Monday, September 28, 2015

Getting Started - Origins of a Concept

First of all, welcome to anyone who might be reading this!  I hope you'll enjoy following my modeling progress and general ramblings.  As you can gather from the blog's header, I'll be sharing my efforts to model a freelanced but hopefully plausible and realistic ("protolanced," in the parlance of our times) group of railroads set in the southeastern corner of Utah in the fall of 1907.

I thought I'd first recount a bit about the evolution of this concept and how I decided on this rather unusual setting for a model railroad.  It started, as many similar stories have, with a bout of narrow gauge fever.  As I recall, my case began with discovering the book "HO Narrow Gauge Railroad You Can Build," the soft-cover compilation of Model Railroader articles by Malcolm Furlow about the construction of the HOn3 San Juan Central.  I think this is where I first learned about narrow gauge and ever since it's always been the primary focus of my modeling interests.

As a kid, I spent lots of time drawing trackplans and coming up with ideas, none of which ever came close to reality.  It was one of the standard dilemmas model railroaders face - the insufficiency of either space, time, or money (or, of course, some combination).  At the time, it was the money that was the main issue - this is not a cheap hobby, especially for those wanting to shed 20-1/2" between the rails.  But it did give me lots of time to dream and read about the prototype.

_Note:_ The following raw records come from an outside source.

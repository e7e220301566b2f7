// What a session leaves once it is played has definitions and proofs and no code: see specs/ and proofs/.
#![tactic(auto)]
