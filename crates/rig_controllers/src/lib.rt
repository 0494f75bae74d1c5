// The test of a rig's controllers.
#![tactic(auto)]

ghost use Rattle.std.specs.Prelude.{◌≡◌, ◌&&◌, not, ◌+◌, ◌-◌, ◌≤◌, ◌<◌, eqb};
ghost use Rattle.rig_tables.specs.Tests.{at, climb, controllers_b};
ghost use Rattle.rig_controllers.specs.Laws.Climb.{Low};

use rig::Rig;
use rig_tables::TASK_PLACES;

// Up from task x, controller by controller, while the number is above c. Over all tasks of a right rig this takes no more
// steps than there are tasks, since the next task's path leaves out what was climbed past.
fn climbed(controller: &[u8; TASK_PLACES], c: usize, x: usize) -> usize
    requires { (x ≤ 64) × Low controller.now (x + 1) }
    ensures { result ≡ climb (at controller.now) c 64 x }
{
    let mut y = x;
    while c < y {
        y = controller[y] as usize;
    }
    y
}

fn controller_ok(controller: &[u8; TASK_PLACES], t: usize) -> bool
    requires { (1 < t) × ((t < 65) × Low controller.now t) }
    ensures { result
        ≡ (not (eqb (at controller.now t) 0)
        && eqb (climb (at controller.now) (at controller.now t) 64 (t - 1)) (at controller.now t)) }
{
    let c = controller[t] as usize;
    c != 0 && climbed(controller, c, t - 1) == c
}

// Task 1 has controller 0; every other controller is the previous task or one of that task's ancestors. A loop, no `all`: that the
// climb from a task ends rests on the tasks before it.
pub fn controllers(rig: &Rig) -> bool
    requires { (1 ≤ rig.now.tasks) × (rig.now.tasks ≤ 64) }
    ensures { result ≡ controllers_b rig.now.tasks rig.now.controller }
{
    if rig.controller[1] != 0 {
        return false;
    }
    for t in 2..=rig.tasks as usize {
        if !controller_ok(&rig.controller, t) {
            return false;
        }
    }
    true
}
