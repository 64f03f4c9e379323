//! Sets of ranges as their cuts: the values at which membership changes.
//!
//! The cuts of a set are the first value of each of its ranges, and the value behind the last one
//! of each where there is one. A value is a member exactly where the count of cuts at most it is
//! odd. A set is given by its cuts, each ascending list of values is the cuts of one set, and the
//! cuts of the members of just one of two sets are those cuts that just one of them has.
#![tactic(auto)]

mod convert;
mod cuts_left;
pub mod laws;
mod many;
mod operations;

pub use convert::{contains_by_cuts, cuts, from_cut_slice, from_cuts};
pub use many::all_cuts;
pub use operations::{difference, symmetric_difference};
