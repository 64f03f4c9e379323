//! How a run ends, and the code that the process then ends with.
ghost use Rattle.std.specs.Prelude.{◌≡◌};
ghost use Rattle.set_program.specs.Codes.{code_of};

use rule_table::RuleError;
use set_document::AlgebraError;

/// How a run ended.
#[derive(Clone, Copy, Debug, PartialEq, Eq)]
pub enum Status {
    /// The whole answer was written, or the counts of a sample's.
    Done,
    /// The first fault of a text of sets was written; it is never want of memory.
    TextFault(AlgebraError),
    /// Memory ran out before anything was written.
    NoMemory,
    /// A read failed, and nothing was written.
    ReadFault,
    /// A write failed, or the sink couldn't be finished.
    WriteFault,
    /// The text has more than 65,536 bytes, and nothing was written.
    TooLong,
    /// The words are of no form that the program has; nothing was read or written.
    Usage,
    /// The first fault of a text of rules was written; it is never want of memory.
    RuleFault(RuleError),
}

impl Status {
    /// The code that the process ends with, from 0 for `Done` to 7 for `RuleFault`. O(1), takes no
    /// memory.
    pub fn code(&self) -> u8
        ensures { result ≡ code_of self.now }
    {
        match self {
            Status::Done => 0,
            Status::TextFault(_) => 1,
            Status::NoMemory => 2,
            Status::ReadFault => 3,
            Status::WriteFault => 4,
            Status::TooLong => 5,
            Status::Usage => 6,
            Status::RuleFault(_) => 7,
        }
    }
}
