//! The members of just one of two sets, by cuts, and those of the left one alone.
ghost use Rattle.std.specs.Prelude.{◌≡◌, ◌&&◌, not, IfOk};
ghost use Rattle.number_line.specs.Ranges.{holds, IsCanonical, xor};
ghost use Rattle.range_map.specs.Range.{EachNumber};

use crate::convert::range_before;
use crate::cuts_left::{CutsLeft, take_lesser};
use element_core::{Element, NoMemory};
use range_map::RangeSet;
use std::alloc::Global;

/// Returns the set of the values that are members of just one of the two sets. Its cuts are those
/// that just one of them has. O(n + m) time for n and m ranges, and memory for the result alone.
pub fn symmetric_difference<T: Element>(
    alloc: Global,
    left: &RangeSet<T>,
    right: &RangeSet<T>,
) -> Result<RangeSet<T>, NoMemory>
    ensures canonical { IfOk result (IsCanonical T.numbers.least T.numbers.greatest) }
    ensures members { IfOk result (λ set. EachNumber T.numbers
        (λ x. holds set x ≡ xor (holds left.now x) (holds right.now x))) }
{
    // Each range has two cuts at most, and each range of the result but the last takes two.
    let most = left.num_ranges().saturating_add(right.num_ranges());
    let mut ranges = Vec::with_capacity(alloc, most)?;
    let mut left_cuts = CutsLeft::of(left);
    let mut right_cuts = CutsLeft::of(right);
    while let Some(start) = take_lesser(&mut left_cuts, &mut right_cuts) {
        let after = take_lesser(&mut left_cuts, &mut right_cuts);
        ranges.push(range_before(start, after))?;
    }
    Ok(RangeSet::from_canonical(ranges))
}

/// Returns the set of the members of `left` that aren't members of `right`. O(n + m) time for n and
/// m ranges, and memory: it negates `right` and intersects.
pub fn difference<T: Element>(
    alloc: Global,
    left: &RangeSet<T>,
    right: &RangeSet<T>,
) -> Result<RangeSet<T>, NoMemory>
    ensures canonical { IfOk result (IsCanonical T.numbers.least T.numbers.greatest) }
    ensures members { IfOk result (λ set. EachNumber T.numbers
        (λ x. holds set x ≡ (holds left.now x && not (holds right.now x)))) }
{
    let others = right.negated(alloc)?;
    let set = left.intersection(alloc, &others)?;
    Ok(set)
}
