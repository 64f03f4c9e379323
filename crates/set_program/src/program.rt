//! From the words, the source and the sink to the status.
ghost use Rattle.std.specs.Prelude.{◌≡◌, ◌<◌, ◌≤◌, ◌↔◌, ℕ, Some, IfSome, length};
ghost use Rattle.set_document.specs.Sample.{summary};
ghost use Rattle.set_program.specs.Command.{AreUnusable, AskForDocument, AskForSample, AskForText};
ghost use Rattle.set_program.specs.Counts.{Rose, NotRose};
ghost use Rattle.set_program.specs.Documents.{kind_of};
ghost use Rattle.set_program.specs.Endings.{source_seen, sink_seen, seen, IsWritten, IsCutShort};
ghost use Rattle.set_program.specs.Endings.{Answered, Faulted, WriteFailed, IsTooLong, IsBounded};
ghost use Rattle.set_program.specs.Outcome.{IsUnlessNoMemory, IsWithoutWriting, status_of, fault_of};
ghost use Rattle.set_program.specs.declared.command.Document.{Document};

use crate::answering::answer_text;
use crate::arguments::Argument;
use crate::command::{Command, read_command};
use crate::devices::{Sink, Source};
use crate::reading::{MAX_READ, MAX_TEXT, Reading, read_text, zeroed};
use crate::sampling::write_summary;
use crate::status::Status;
use std::alloc::Global;

/// Without words it reads a text of named sets from the source, and with the word `rules` one of
/// address rules; it writes the text's answer to the sink, or the line of its first fault. With the
/// words `sample` and a decimal from 1 to 1000 it leaves the source alone, and writes the counts of
/// the answer to the sample text of so many lines, as `lines 4 ranges 6 rows 8 bytes 223`.
///
/// It judges the words first: any others are `Usage`, with no device called. Then it reads to the
/// end of the input, or to the 65,537th byte, which is `TooLong` at once; then it evaluates the
/// text, writes, and finishes the sink. Each write is handed all that isn't written yet, in one
/// piece. The first failed call on a device ends the run as `ReadFault` or `WriteFault`. All memory
/// is taken before the first write, and `NoMemory` leaves the sink as it was.
///
/// O(n) calls of the devices for n bytes read and written.
pub fn run<S: Source, K: Sink>(
    alloc: Global,
    words: &[Argument],
    source: &mut S,
    sink: &mut K,
) -> Status
    // The words decide first.
    ensures usage { (result ≡ Status.Usage) ↔ AreUnusable words.now }
    ensures unread { result ≡ Status.Usage → source.new ≡ source.old }
    ensures unwritten { IsWithoutWriting result → sink.new ≡ sink.old }

    // With words that ask for a document: the answer of the text, or its first fault.
    ensures done { (kind : Document) → AskForDocument words.now kind → result ≡ Status.Done
        → Answered kind (seen S.Source K.Sink source.old sink.old)
        (seen S.Source K.Sink source.new sink.new) }
    ensures text_fault { IfSome (fault_of result) (λ fault. AskForDocument words.now (kind_of fault)
        × Faulted fault (seen S.Source K.Sink source.old sink.old)
        (seen S.Source K.Sink source.new sink.new)) }
    ensures read_fault { result ≡ Status.ReadFault
        → AskForText words.now × Rose (S.faults source.old) (S.faults source.new) }
    ensures too_long { result ≡ Status.TooLong
        → AskForText words.now × IsTooLong (source_seen S.Source source.old)
        (source_seen S.Source source.new) }
    ensures write_fault { (kind : Document) → AskForDocument words.now kind
        → result ≡ Status.WriteFault
        → WriteFailed kind (seen S.Source K.Sink source.old sink.old)
        (seen S.Source K.Sink source.new sink.new) }
    ensures no_memory { result ≡ Status.NoMemory
        → S.faults source.new ≡ S.faults source.old }

    // With the words `sample` and a number of lines: the counts of the sample's answer.
    ensures sample_source { (lines : ℕ) → AskForSample words.now lines
        → source.new ≡ source.old }
    ensures sample_done { (lines : ℕ) → AskForSample words.now lines → result ≡ Status.Done
        → IsWritten (Some (summary lines)) (sink_seen K.Sink sink.old)
        (sink_seen K.Sink sink.new) }
    ensures sample_write_fault { (lines : ℕ) → AskForSample words.now lines
        → result ≡ Status.WriteFault
        → IsCutShort (Some (summary lines)) (sink_seen K.Sink sink.old)
        (sink_seen K.Sink sink.new) }

    // Where no call fails, the words and the text decide.
    ensures complete_text { (kind : Document) → AskForDocument words.now kind
        → IfSome (S.left source.old) (λ text. length text ≤ MAX_TEXT
        → NotRose (S.faults source.old) (S.faults source.new)
        → NotRose (K.faults sink.old) (K.faults sink.new)
        → IsUnlessNoMemory result (status_of kind text)) }
    ensures complete_long { AskForText words.now → IfSome (S.left source.old) (λ text.
        MAX_TEXT < length text → NotRose (S.faults source.old) (S.faults source.new)
        → IsUnlessNoMemory result Status.TooLong) }
    ensures complete_sample { (lines : ℕ) → AskForSample words.now lines
        → NotRose (K.faults sink.old) (K.faults sink.new)
        → IsUnlessNoMemory result Status.Done }

    // Whatever the status.
    ensures bounded { IsBounded (seen S.Source K.Sink source.old sink.old)
        (seen S.Source K.Sink source.new sink.new) }
{
    let kind = match read_command(words) {
        Some(Command::Answer(kind)) => kind,
        Some(Command::Sample(lines)) => return write_summary(alloc, lines, sink),
        None => return Status::Usage,
    };
    let Ok(mut buffer) = zeroed(alloc, MAX_READ) else {
        return Status::NoMemory;
    };
    match read_text(source, &mut buffer) {
        Reading::Whole(length) => answer_text(alloc, kind, &buffer[..length], sink),
        Reading::PastLimit => Status::TooLong,
        Reading::Failed => Status::ReadFault,
    }
}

Early on, I planned to freelance with a general Colorado narrow gauge theme, primarily influenced by the Denver & Rio Grande Western and the Rio Grande Southern.  But then one year I received "The Rainbow Route" for Christmas.  For those not familiar, it is Sloan and Skowronski's classic history of the short lines north of Silverton, CO, built or at least eventually controlled by Otto Mears, the "Pathfinder of the San Juans."  It dramatically and permanently changed my modeling interests in a couple ways.  First, I decided I no longer wanted to model the Depression era years favored by many narrow gaugers - I wanted to focus on the early days, when the railroads were new and prospering and their tiny locomotives were well-maintained and frequently cleaned and polished.  Second, I started to realize how many other narrow gauge short lines crisscrossed the Rockies, especially before World War I, and how little attention they had received from modelers.

So I started turning my trackplanning focus to modeling actual prototypes, and realistically at that.  At first, I wanted to model Otto Mears' first line, the Silverton RR.  Then I became increasingly enamored with the other Silverton lines, the Silverton Northern and Silverton Gladstone & Northerly.  The more prototypes I became interested in, the less attainable my goals were - small railroads though they were, there was no way to fit a realistic version of all 3 into any space available to me.

And so I started to turn towards "protolancing."  I came up with the idea to model a fictional 4th short line north from Silverton, and to call it the Silverton & San Pablo.  It would follow the imaginary Rio San Pablo (a tributary to the Animas) to a town of the same name and continue on to a mining district above, based on the Red Mountain and Guston areas on the Silverton RR.  I even came up with a fairly nice track plan to fit in a bedroom.  But by that point, college was impending and time became a limiting factor, so the S&SP, like many prototype would-have-been lines, was only ever a "paper railroad."

Through college, I maintained an underlying interest in the hobby but didn't really actively participate.  I did, however, continue to buy books on narrow gauge and one of those was the death blow to the Silverton & San Pablo concept - Dorman's excellent "The Chili Line and Santa Fe the City Different" instilled in me an interest in the D&RG's Santa Fe Branch.  This was particularly problematic as someone who wanted to model the Silverton area; it might be feasible to model some hybrid Mears short line in the San Juans, but combining that in a satisfying way with the dramatically different high desert and adobe buildings of New Mexico just didn't seem possible.

Fortunately, yet another book opened my eyes to a different possibility.  This one was "Utah Ghost Rails" by Stephen Carr and Robert Edwards.  Through it, I started to realize the vast number of small (and not so small) narrow gauge railroads that once ran all over the country and have been almost completely forgotten.  I'm sure there are dozens that no one has ever attempted to model!  This made me suspect it would be possible to "sneak" another one into that group - to invent a prototype that was so geographically remote and plausible that people might just assume it was one of the many obscure but real railroads they had never discovered.  And in that context, I could adopt whatever features I found appealing about any number of prototype railroads.  I also found in "Utah Ghost Rails" the canvas on which to invent this railroad: southeastern Utah - an area rich in spectacular geography and conspicuously devoid of any actual historical railroads.  Initially, I intended just to use the area as a blank slate on which to throw whatever topography and railroad influences I wanted - an Ophir-like loop here, a pseudo-Alpine Tunnel there - but the more I looked at the reality of the region, the more I realized I couldn't improve on it.  Here was a small corner of the country with deep river canyons, high alpine mountains, open sagebrush country, and red rock desert in almost unbelievably close proximity to each other.

This was where I wanted to lay my 3' gauge rails.